Since this was a nuisance job, I didn’t want dead beavers lying near the dam to spook the others. So I stretched the chain all of the way back up the ditch, as far as it would go, and staked it on the bank.

On the first check, the trap held a small beaver. And, as hoped, the beaver had wound itself up in the trap chain, pulled away from the dam and off to one side. I remade the set.

I went on up to the main dam and set a 330 in the channel below.

I made three sets at the cat sign. I put a snare in a trail that led back into the brushy draw. Then, in the edge of the field, I made a big-hole set with a little stump for backing. I made a urine post set nearby.

Now it was on to the creek where I was sure that first 330 would hold a beaver.

But it held nothing.

That went on for a couple more days. I couldn’t imagine a beaver would not move through there in three days. So I took a closer look and way off on the far side of the dam saw a strip of slack water.
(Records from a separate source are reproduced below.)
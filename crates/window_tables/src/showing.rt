use crate::case::CaseFault;
use graph_types::{LabelId, Net};
use std::fmt::Write;
use update_rules::{Change, Part, PartList};

/// The net change, an edge as `1-2`, and the parts.
pub fn show_difference(net: &Net, parts: &PartList, answer: &mut String) -> Result<(), CaseFault> {
    answer.push_str("vertices")?;
    for vertex in net.vertices.as_slice() {
        write!(answer, " {}", vertex.0)?;
    }
    answer.push_str(", edges")?;
    for edge in net.edges.as_slice() {
        write!(answer, " {}-{}", edge.a().0, edge.b().0)?;
    }
    for part in parts.as_slice() {
        show_part(part, answer)?;
    }
    Ok(())
}

fn show_part(part: &Part, answer: &mut String) -> Result<(), CaseFault> {
    write!(answer, "; shard {}:", part.shard)?;
    for change in part.changes.as_slice() {
        show_change(change, answer)?;
    }
    Ok(())
}

/// A changed label as `(1 =2)`, and a changed neighbour as `(1 to 3 none)`.
fn show_change(change: &Change, answer: &mut String) -> Result<(), CaseFault> {
    match *change {
        Change::Label { vertex, label } => {
            write!(answer, " ({} ", vertex.0)?;
            show_label(label, answer)?;
        }
        Change::Near { vertex, to, label } => {
            write!(answer, " ({} to {} ", vertex.0, to.0)?;
            show_label(label, answer)?;
        }
    }
    answer.push_str(")")?;
    Ok(())
}

fn show_label(label: Option<LabelId>, answer: &mut String) -> Result<(), CaseFault> {
    match label {
        Some(label) => write!(answer, "={}", label.0)?,
        None => answer.push_str("none")?,
    }
    Ok(())
}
Another tree had jammed itself in perpendicular to the dam, and its trunk was angling the current toward the middle of the stream. Behind the trunk, where the water was slack, the swimming might be easier.

I got out another 330 and put it in what appeared to be a path through the jumble below the dam. I stabilized the trap by running a pole through the upturned spring eyes and setting that on a couple of forked sticks, like a goal post. The support stick became the dive pole, as well. I wired the trap to a limb on the tree.

That was the answer. The set caught three beavers and an otter. The original trap sat untouched for a week.

On the next check, I found another little beaver at the little dam. But the 330 I had set at the main dam was fired and empty. I assumed that was a smart beaver.

I tried submerging the trap in a different location, but no dice, so I broke out a foothold trap. I brought in a concrete block for an anchor because I was antsy that the water was only marginally deep enough to drown a beaver.

Sure enough, the water wasn’t deep enough. On the next check, I found a live beaver with the block pulled up on the bank. I abandoned that set and went back below the dam with a snare. Beaver that are shy of bodygrips will often charge recklessly into a well-placed snare. I set the snare about 10 feet from the dam in the channel leading away. I made an 11-inch loop, one-third above and two-thirds below water.

That did the trick. I caught a bigger beaver, and it really tore up the area at the base of the dam.

Meanwhile, out in the field, I took two bobcats in the big hole. The traps were on grapples, and the cats got far enough away to not ruin the set.

Then the coyotes found it. They weren’t fooled at all. They moved the backing and scratched out the trap. I remade the set, and the night before I pulled traps, one unlucky fellow made a misstep, and I added a coyote to the catch.

Up the ditch, at the little dam, I took a bunch of small beavers before that set went dead. Then a smart beaver came along and moved the trap and the forcing out of the way. There was at least one left.

I hadn’t had any action at the main dam, so I rigged up the foothold again and made some more sets. I tried a couple of bait sets and put another snare out, but the beaver purposefully avoided all of these. I could see its tracks in the mud.

I was at my wits’ end when a horrific thunderstorm blew out the dam. It gave way right at the base, where the snared beaver had weakened things. That lowered the water level in the ditch by 4 feet.

I found my foothold trap buried in the debris. Using a shovel, I was able to prod around and find the drowner cable. With some effort, I freed the trap.

I saw nothing more of the smart beaver.

I guess it moved on when the dam broke.

It turned out to be a profitable little trapline. The cats and the otter provided a nice bonus. I turned in a bill to the landowner for the beavers I had caught and told him that Mother Nature unplugged the ditch for him, free of charge.